* _Task objective_: Please filter the data below down to the lines holding the string "added".

[Collected data entries]
------------------------------------------------

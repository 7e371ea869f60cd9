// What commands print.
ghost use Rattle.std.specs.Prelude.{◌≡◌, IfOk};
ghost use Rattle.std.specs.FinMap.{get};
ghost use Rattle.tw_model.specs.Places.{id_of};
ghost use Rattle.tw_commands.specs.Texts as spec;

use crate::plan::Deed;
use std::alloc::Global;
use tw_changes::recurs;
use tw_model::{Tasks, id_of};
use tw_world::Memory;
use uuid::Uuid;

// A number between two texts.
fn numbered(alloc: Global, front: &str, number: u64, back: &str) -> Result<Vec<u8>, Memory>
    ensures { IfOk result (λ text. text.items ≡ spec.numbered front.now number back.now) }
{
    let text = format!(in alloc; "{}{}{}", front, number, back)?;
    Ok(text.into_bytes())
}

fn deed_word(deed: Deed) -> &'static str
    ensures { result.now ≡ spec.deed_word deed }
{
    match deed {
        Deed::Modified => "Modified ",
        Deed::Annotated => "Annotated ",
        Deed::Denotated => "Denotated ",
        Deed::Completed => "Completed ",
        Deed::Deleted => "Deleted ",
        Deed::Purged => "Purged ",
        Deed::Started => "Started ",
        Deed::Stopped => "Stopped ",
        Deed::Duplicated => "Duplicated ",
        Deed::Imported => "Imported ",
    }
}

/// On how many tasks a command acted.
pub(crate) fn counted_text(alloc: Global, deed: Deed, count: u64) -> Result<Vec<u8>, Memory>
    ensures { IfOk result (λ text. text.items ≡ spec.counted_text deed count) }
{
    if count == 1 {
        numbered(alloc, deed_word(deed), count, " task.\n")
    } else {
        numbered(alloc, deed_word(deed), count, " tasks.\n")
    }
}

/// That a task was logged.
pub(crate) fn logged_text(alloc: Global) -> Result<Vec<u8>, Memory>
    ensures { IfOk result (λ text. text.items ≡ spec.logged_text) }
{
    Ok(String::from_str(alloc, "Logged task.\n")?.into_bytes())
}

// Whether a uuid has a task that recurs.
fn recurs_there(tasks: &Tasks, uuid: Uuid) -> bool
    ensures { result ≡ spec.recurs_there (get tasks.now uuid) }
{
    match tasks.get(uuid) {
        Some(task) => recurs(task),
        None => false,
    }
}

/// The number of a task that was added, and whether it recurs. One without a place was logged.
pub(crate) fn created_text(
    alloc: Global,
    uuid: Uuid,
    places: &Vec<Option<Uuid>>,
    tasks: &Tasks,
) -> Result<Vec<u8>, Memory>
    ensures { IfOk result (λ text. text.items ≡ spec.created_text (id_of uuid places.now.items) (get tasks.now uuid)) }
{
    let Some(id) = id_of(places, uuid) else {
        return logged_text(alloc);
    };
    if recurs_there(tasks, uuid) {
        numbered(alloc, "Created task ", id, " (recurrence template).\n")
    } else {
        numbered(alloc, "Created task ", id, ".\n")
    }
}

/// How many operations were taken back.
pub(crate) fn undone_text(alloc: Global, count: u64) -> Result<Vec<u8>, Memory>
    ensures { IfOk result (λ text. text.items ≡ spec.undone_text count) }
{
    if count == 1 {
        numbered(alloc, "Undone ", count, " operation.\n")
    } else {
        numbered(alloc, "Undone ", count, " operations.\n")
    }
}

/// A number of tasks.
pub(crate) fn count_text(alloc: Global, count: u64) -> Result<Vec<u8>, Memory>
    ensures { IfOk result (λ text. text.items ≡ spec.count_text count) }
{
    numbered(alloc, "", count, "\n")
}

------------------------------------------------

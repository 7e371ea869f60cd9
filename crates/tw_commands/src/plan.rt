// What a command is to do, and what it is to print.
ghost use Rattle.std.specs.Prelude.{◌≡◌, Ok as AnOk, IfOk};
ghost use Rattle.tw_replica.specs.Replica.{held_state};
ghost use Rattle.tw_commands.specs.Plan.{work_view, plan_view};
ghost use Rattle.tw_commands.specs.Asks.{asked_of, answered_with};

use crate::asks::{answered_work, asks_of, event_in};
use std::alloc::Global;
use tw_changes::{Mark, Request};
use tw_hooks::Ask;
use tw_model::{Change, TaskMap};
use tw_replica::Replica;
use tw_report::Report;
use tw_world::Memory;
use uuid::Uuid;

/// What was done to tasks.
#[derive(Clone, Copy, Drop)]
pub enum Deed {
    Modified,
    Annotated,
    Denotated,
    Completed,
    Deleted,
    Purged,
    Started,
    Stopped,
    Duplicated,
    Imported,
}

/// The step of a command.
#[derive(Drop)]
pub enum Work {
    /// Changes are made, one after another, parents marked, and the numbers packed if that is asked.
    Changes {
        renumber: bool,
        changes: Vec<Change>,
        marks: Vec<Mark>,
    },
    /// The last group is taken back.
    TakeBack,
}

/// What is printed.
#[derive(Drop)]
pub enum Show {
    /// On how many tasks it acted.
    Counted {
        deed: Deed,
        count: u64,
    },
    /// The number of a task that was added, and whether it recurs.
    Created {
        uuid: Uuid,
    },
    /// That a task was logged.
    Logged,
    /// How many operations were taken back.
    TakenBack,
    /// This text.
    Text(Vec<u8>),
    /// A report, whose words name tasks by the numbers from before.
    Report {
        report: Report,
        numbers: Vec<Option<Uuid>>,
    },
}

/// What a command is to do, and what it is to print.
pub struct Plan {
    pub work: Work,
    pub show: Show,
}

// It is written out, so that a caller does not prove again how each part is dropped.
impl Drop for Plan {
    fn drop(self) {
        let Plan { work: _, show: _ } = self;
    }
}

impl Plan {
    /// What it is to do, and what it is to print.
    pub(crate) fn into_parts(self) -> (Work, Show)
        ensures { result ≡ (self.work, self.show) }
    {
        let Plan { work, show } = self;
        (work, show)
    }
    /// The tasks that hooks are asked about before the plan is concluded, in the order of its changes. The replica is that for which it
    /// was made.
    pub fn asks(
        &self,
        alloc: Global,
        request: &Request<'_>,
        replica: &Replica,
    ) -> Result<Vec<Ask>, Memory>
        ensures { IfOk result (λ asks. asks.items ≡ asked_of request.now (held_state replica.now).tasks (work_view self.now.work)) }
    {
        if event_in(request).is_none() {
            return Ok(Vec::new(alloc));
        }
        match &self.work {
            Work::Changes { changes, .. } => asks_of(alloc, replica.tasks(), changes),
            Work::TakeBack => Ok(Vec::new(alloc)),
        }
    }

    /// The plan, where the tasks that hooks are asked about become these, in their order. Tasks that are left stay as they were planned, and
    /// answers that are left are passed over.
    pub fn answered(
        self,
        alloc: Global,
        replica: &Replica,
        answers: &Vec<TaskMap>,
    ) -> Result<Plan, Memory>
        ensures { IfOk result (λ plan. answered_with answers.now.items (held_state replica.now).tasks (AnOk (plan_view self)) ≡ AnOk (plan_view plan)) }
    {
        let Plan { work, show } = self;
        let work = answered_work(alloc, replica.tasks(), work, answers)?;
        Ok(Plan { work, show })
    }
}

------------------------------------------------

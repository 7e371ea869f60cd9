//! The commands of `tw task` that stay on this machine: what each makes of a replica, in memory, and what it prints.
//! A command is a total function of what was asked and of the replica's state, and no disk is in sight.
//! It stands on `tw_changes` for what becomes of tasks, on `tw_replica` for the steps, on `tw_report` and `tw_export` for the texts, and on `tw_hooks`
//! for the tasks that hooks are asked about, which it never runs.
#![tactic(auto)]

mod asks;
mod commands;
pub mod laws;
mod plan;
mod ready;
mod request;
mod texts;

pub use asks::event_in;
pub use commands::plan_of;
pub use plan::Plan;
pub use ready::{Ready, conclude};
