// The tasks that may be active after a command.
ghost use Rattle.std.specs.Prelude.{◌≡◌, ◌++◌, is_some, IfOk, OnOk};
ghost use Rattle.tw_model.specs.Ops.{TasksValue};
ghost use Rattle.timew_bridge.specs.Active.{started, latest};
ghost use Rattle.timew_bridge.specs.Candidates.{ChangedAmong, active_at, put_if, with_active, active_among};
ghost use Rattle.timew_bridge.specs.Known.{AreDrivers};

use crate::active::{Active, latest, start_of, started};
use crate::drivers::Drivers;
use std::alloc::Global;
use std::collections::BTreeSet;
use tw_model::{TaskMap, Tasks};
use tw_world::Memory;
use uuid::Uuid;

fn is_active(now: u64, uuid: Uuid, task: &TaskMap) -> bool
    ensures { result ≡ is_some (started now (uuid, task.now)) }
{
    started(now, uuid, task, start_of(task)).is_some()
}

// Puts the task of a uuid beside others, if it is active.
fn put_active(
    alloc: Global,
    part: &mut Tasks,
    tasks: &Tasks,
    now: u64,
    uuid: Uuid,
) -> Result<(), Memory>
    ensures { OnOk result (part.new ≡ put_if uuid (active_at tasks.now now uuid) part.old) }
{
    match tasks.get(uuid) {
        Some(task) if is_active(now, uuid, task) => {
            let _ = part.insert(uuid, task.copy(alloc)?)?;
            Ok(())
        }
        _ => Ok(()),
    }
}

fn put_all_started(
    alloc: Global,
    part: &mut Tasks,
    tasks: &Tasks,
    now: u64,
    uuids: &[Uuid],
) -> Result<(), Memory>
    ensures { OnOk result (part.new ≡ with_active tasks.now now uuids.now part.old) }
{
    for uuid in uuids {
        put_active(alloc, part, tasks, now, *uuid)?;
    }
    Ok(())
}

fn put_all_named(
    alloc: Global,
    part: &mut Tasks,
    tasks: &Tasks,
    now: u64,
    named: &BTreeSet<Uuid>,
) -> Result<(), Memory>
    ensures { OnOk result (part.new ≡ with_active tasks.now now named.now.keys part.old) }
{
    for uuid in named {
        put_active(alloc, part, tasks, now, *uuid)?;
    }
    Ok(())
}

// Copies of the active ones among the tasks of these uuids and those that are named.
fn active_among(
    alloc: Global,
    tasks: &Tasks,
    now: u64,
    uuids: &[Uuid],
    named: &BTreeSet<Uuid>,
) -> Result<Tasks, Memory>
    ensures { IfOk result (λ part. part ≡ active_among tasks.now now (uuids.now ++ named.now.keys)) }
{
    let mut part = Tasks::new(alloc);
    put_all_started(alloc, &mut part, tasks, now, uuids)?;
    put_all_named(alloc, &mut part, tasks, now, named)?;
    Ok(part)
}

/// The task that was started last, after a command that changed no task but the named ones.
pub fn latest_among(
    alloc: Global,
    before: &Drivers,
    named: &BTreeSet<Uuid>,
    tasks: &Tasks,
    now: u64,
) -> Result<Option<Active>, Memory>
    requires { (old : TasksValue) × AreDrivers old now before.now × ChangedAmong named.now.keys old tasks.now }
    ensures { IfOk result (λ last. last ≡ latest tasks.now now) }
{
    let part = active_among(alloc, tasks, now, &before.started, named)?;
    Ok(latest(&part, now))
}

------------------------------------------------

* _Result for this task_:
/// The number of a task that was added, and whether it recurs. One without a place was logged.
    /// The number of a task that was added, and whether it recurs.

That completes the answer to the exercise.